Look through the lines below and copy each one that includes "AreBoundClosed".

═══ RECORDS SHOWN ═══

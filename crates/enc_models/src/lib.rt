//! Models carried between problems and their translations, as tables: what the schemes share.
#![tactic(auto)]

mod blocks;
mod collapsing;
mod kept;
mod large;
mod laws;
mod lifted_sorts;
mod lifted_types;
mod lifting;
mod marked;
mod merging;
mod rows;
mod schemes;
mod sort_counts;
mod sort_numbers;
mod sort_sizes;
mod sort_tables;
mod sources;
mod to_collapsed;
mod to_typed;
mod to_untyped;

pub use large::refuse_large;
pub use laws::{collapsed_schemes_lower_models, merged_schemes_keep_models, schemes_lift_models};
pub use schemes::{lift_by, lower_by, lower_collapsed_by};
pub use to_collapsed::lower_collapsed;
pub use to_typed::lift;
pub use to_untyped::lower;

═══
═══ RECORDS SHOWN ═══

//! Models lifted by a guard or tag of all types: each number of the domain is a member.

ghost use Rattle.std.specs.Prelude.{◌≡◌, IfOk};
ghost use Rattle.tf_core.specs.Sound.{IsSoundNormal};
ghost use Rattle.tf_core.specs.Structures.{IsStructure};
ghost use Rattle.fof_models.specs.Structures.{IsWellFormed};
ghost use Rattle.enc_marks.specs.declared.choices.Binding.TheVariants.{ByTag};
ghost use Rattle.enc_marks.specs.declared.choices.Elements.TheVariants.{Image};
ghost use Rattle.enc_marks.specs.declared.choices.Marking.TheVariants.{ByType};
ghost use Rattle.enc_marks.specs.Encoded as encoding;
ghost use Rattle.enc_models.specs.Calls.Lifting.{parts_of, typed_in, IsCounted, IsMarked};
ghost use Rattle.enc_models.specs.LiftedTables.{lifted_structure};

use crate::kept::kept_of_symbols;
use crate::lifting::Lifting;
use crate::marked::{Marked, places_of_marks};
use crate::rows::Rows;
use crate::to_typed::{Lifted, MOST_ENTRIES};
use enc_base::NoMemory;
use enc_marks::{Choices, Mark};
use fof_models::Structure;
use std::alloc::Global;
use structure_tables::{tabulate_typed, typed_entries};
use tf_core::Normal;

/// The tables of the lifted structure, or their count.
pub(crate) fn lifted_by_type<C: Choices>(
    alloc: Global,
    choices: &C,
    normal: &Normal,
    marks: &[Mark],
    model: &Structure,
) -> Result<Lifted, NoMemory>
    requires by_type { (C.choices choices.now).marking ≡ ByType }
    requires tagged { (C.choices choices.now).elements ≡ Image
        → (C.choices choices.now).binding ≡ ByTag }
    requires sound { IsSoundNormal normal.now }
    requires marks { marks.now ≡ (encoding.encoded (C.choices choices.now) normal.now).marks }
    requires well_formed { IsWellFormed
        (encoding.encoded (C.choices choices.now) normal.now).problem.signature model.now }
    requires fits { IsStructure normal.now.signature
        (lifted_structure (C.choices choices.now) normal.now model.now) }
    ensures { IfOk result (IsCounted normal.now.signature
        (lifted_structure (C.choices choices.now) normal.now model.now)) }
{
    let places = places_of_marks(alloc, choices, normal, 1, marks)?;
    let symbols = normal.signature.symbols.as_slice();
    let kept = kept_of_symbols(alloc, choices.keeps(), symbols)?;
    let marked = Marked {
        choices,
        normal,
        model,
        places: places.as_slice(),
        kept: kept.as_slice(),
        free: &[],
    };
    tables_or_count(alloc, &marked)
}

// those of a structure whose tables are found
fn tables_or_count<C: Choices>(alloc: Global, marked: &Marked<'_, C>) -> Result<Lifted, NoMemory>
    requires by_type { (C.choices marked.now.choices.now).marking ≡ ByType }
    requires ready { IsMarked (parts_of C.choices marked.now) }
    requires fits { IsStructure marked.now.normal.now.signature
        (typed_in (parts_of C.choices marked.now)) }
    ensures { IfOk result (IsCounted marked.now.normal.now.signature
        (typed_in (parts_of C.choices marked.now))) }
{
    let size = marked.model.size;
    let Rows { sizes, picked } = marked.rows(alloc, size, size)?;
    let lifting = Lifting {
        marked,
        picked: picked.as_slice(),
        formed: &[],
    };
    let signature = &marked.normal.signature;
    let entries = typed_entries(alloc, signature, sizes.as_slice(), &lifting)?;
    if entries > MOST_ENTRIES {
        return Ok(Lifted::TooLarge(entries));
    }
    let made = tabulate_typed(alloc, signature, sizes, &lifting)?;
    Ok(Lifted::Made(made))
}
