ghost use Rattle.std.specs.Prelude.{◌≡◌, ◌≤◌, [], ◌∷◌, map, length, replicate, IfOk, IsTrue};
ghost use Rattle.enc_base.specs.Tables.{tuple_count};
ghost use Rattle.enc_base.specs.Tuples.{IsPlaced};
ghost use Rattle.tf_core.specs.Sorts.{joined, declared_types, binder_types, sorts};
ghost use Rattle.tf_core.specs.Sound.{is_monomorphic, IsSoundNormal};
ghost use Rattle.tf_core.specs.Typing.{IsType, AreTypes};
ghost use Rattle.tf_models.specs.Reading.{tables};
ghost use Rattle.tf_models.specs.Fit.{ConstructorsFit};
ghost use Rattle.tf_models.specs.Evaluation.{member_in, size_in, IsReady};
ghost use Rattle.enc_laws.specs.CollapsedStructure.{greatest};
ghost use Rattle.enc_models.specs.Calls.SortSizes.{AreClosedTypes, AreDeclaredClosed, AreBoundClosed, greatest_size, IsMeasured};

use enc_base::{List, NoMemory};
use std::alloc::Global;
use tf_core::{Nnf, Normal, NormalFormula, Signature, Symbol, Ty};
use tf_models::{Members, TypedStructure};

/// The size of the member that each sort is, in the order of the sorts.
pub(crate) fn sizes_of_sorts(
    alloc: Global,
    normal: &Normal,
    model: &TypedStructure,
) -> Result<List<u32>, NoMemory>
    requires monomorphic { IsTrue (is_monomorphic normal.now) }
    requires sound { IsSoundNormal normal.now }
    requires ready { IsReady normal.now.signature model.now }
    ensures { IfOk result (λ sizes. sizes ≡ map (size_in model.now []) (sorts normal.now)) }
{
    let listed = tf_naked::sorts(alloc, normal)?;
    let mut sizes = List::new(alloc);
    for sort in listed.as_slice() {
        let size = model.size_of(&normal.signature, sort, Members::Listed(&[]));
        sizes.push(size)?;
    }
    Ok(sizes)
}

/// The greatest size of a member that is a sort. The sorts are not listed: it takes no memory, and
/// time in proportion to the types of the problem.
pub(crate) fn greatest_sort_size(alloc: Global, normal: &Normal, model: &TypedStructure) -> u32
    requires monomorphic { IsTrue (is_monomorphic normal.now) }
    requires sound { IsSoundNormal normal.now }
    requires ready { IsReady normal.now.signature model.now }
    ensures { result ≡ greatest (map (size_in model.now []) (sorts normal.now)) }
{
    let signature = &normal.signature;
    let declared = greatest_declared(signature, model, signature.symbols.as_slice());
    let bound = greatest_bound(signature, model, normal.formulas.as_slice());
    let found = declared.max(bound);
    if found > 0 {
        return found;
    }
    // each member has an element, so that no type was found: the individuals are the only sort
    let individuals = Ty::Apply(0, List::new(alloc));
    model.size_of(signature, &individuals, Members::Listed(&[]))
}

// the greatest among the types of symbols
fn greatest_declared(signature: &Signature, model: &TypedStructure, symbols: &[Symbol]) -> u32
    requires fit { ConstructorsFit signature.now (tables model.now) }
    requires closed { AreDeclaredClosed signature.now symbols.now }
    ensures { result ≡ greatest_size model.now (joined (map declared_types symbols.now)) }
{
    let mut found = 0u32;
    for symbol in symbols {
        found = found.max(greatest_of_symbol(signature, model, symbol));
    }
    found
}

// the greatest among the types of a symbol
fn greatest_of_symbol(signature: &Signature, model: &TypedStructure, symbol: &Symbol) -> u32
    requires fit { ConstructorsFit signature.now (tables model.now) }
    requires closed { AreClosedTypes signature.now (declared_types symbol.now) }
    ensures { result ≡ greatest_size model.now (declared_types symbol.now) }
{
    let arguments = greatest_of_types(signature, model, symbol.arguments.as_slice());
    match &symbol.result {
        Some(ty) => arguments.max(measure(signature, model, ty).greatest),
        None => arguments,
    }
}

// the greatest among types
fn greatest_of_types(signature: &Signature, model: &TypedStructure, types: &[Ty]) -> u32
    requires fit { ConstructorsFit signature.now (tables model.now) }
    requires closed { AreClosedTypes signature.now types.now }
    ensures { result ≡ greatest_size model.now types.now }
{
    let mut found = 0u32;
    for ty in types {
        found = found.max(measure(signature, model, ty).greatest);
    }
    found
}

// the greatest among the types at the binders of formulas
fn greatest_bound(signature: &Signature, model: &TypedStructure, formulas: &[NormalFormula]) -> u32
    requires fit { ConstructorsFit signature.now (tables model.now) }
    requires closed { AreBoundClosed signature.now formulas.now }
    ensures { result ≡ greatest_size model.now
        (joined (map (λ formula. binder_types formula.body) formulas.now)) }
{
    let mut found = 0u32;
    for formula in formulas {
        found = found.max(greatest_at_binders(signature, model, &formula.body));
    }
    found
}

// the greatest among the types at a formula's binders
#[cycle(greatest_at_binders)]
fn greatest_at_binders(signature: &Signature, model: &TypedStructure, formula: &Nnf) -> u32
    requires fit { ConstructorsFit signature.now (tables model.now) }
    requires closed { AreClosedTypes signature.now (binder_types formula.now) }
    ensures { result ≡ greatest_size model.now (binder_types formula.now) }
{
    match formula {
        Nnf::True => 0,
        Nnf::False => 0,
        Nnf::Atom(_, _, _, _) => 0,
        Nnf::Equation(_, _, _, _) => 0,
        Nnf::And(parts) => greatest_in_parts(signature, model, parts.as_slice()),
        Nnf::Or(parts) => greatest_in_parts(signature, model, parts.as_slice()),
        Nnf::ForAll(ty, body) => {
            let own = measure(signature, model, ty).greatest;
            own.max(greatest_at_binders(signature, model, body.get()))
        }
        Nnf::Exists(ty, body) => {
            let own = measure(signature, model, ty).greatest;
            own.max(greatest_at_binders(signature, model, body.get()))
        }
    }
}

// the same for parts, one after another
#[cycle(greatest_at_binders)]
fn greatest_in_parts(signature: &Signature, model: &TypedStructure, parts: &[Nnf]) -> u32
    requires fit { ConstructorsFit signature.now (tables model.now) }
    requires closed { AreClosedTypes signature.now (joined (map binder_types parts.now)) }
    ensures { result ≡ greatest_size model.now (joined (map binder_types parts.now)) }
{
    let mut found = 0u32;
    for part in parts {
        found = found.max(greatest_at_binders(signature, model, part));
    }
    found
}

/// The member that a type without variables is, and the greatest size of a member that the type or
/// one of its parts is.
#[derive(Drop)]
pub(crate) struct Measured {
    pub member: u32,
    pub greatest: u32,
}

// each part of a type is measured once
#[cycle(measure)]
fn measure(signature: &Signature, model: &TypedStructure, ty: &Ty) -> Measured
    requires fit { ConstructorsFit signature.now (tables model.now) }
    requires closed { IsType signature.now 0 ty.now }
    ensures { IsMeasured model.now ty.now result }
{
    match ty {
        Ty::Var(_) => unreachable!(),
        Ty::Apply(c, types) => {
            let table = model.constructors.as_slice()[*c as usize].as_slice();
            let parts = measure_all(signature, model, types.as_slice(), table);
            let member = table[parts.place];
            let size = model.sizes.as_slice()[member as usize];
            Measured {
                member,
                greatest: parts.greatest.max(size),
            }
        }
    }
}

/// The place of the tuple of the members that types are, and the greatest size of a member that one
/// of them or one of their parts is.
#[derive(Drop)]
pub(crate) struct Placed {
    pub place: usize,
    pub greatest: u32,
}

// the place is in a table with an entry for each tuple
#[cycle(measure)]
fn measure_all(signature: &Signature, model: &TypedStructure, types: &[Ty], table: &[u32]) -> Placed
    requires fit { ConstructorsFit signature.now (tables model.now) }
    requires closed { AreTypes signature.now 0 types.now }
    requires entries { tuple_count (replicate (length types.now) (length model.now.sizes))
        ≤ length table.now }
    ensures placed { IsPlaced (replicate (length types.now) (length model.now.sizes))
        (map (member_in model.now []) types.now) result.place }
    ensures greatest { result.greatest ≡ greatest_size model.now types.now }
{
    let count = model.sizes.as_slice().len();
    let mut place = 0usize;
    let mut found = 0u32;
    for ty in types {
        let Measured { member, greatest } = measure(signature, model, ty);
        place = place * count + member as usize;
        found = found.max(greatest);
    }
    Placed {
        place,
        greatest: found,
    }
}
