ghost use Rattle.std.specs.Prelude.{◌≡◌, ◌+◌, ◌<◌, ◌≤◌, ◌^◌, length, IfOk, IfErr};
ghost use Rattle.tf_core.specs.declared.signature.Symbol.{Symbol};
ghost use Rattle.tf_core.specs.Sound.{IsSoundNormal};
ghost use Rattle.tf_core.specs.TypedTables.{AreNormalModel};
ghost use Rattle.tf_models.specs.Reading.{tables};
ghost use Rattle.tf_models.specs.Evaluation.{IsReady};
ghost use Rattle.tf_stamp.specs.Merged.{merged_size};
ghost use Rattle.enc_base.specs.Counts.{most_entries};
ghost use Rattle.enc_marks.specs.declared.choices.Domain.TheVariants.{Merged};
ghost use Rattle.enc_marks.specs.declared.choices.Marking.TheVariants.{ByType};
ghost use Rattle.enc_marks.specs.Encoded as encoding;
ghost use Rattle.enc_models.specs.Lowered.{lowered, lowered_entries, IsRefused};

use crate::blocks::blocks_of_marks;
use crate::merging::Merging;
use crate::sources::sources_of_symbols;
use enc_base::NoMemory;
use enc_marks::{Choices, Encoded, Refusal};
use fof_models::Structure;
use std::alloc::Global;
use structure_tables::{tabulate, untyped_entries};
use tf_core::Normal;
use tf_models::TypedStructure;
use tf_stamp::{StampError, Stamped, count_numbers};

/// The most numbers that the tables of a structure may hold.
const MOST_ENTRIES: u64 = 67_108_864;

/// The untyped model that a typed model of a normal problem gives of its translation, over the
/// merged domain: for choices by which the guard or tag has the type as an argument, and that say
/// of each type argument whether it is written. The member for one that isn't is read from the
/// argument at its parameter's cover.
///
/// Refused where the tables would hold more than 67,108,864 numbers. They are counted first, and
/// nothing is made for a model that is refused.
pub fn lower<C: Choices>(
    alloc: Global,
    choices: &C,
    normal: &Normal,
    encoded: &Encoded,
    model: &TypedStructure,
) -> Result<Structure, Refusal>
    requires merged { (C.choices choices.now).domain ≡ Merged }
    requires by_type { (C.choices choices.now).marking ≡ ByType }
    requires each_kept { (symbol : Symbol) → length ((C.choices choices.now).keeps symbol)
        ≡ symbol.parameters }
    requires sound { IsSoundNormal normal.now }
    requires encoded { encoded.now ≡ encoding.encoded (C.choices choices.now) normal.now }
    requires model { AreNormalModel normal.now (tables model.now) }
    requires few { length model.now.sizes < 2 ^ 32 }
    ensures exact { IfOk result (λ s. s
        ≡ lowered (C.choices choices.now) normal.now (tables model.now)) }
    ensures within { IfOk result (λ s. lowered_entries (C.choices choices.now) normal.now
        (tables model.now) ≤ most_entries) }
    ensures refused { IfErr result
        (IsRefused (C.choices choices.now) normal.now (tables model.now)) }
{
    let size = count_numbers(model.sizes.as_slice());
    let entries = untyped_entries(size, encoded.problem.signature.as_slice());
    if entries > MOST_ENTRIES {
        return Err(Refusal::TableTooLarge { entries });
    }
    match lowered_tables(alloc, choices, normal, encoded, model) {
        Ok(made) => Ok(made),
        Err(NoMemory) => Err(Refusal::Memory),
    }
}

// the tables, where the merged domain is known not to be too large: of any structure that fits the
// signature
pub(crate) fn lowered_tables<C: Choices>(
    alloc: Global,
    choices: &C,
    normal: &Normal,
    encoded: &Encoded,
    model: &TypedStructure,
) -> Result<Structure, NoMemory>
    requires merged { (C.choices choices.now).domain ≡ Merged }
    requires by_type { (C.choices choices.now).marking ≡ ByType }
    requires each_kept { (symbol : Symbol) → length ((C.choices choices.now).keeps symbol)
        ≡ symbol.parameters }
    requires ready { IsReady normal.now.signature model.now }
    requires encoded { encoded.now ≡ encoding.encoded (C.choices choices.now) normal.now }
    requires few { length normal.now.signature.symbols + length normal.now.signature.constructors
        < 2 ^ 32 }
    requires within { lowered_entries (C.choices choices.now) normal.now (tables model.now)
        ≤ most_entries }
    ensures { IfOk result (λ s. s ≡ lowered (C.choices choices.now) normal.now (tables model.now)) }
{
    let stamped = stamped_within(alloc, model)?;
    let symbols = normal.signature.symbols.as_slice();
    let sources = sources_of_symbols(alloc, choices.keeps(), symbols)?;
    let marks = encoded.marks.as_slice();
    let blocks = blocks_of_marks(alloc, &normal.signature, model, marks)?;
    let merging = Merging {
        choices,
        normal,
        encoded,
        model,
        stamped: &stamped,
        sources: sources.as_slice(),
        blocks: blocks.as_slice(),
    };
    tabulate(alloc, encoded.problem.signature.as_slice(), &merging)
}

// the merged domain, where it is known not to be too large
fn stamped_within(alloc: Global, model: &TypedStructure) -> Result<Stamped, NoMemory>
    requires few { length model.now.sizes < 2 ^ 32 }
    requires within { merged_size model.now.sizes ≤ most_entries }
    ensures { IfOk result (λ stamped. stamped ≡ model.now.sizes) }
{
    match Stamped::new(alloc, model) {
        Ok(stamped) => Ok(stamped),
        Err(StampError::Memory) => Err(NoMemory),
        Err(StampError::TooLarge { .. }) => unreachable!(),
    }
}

═══
═══ RECORDS SHOWN ═══

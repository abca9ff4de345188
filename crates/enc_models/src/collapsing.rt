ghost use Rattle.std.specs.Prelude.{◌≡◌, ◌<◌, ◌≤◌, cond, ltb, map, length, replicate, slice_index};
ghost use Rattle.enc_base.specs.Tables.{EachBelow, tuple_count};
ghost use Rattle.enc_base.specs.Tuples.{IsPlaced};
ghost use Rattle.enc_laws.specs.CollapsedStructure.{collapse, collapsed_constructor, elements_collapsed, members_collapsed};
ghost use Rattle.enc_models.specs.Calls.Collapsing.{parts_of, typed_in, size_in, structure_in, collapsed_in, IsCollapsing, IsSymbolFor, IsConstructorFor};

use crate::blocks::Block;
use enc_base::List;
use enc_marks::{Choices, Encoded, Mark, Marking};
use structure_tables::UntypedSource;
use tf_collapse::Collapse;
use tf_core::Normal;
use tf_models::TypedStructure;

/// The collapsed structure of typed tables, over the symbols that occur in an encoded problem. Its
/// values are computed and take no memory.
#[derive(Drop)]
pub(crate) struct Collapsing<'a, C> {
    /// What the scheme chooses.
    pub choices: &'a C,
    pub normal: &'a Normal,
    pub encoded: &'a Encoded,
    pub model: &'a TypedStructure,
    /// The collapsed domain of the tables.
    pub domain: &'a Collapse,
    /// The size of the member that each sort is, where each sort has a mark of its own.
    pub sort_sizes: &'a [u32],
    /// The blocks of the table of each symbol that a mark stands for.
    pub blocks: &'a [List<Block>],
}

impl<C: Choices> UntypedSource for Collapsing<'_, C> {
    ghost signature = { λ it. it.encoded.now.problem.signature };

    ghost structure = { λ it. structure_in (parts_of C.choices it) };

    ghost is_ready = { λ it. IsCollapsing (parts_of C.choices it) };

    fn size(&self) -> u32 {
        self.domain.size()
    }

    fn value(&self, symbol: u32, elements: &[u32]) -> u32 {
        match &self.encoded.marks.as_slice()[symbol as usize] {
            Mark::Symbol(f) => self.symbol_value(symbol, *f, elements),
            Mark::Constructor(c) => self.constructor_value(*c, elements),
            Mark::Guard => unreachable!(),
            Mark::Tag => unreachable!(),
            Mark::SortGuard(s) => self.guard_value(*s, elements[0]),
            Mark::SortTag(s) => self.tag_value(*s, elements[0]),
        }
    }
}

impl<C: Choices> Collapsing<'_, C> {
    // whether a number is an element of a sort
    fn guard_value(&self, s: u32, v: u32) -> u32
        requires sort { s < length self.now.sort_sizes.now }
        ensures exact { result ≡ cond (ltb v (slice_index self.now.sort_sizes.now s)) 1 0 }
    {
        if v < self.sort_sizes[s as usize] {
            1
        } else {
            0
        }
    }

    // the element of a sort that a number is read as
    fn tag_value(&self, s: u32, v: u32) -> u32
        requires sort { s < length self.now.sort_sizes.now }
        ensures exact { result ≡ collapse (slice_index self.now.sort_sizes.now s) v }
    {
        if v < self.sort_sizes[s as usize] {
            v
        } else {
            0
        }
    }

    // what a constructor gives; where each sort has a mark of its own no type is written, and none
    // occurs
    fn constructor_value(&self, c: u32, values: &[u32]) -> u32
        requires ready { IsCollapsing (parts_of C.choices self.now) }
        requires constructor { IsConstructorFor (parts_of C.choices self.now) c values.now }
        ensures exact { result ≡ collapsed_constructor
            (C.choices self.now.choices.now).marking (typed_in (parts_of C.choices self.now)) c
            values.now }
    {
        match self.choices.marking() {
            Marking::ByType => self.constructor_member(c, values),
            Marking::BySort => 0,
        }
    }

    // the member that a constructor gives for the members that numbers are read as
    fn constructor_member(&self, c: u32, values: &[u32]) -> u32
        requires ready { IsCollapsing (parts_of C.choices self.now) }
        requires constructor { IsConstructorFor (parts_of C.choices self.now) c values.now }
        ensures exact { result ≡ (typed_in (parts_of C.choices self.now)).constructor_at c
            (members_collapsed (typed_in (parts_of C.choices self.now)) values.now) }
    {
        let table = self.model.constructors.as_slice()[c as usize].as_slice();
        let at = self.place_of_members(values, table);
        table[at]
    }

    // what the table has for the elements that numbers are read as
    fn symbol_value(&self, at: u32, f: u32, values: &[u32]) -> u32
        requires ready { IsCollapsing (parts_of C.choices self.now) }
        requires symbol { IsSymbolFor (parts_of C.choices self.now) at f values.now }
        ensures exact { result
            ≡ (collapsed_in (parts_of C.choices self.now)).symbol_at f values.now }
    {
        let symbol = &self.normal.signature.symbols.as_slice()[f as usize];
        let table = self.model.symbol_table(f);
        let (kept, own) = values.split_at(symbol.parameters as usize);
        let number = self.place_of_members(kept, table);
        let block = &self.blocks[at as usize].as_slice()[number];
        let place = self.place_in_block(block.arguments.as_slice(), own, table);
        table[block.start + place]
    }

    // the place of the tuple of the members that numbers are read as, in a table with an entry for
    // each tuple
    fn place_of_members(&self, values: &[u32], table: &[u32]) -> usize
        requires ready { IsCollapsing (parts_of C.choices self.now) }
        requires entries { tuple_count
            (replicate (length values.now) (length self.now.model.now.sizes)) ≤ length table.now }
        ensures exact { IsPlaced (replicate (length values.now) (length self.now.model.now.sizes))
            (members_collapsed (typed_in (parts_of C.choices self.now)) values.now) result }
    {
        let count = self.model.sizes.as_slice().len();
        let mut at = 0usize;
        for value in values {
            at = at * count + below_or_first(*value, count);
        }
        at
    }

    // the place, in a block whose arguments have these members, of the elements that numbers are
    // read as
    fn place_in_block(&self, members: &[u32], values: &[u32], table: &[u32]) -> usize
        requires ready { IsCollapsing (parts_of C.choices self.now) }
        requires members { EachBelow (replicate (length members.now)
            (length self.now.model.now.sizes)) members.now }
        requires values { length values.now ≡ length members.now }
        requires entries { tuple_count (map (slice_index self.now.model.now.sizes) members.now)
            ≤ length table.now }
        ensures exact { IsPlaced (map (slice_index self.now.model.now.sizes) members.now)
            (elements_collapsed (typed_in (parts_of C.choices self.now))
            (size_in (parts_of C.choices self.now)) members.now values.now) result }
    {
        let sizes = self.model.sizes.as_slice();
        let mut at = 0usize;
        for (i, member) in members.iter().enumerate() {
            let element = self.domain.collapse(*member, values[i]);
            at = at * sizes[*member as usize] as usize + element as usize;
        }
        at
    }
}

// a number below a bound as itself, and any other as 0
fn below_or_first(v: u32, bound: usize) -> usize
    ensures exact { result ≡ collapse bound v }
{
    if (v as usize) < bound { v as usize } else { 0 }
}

═══

§ **EXERCISE RESULT**:
ghost use Rattle.enc_models.specs.Calls.SortSizes.{AreClosedTypes, AreDeclaredClosed, AreBoundClosed, greatest_size, IsMeasured};
    requires closed { AreBoundClosed signature.now formulas.now }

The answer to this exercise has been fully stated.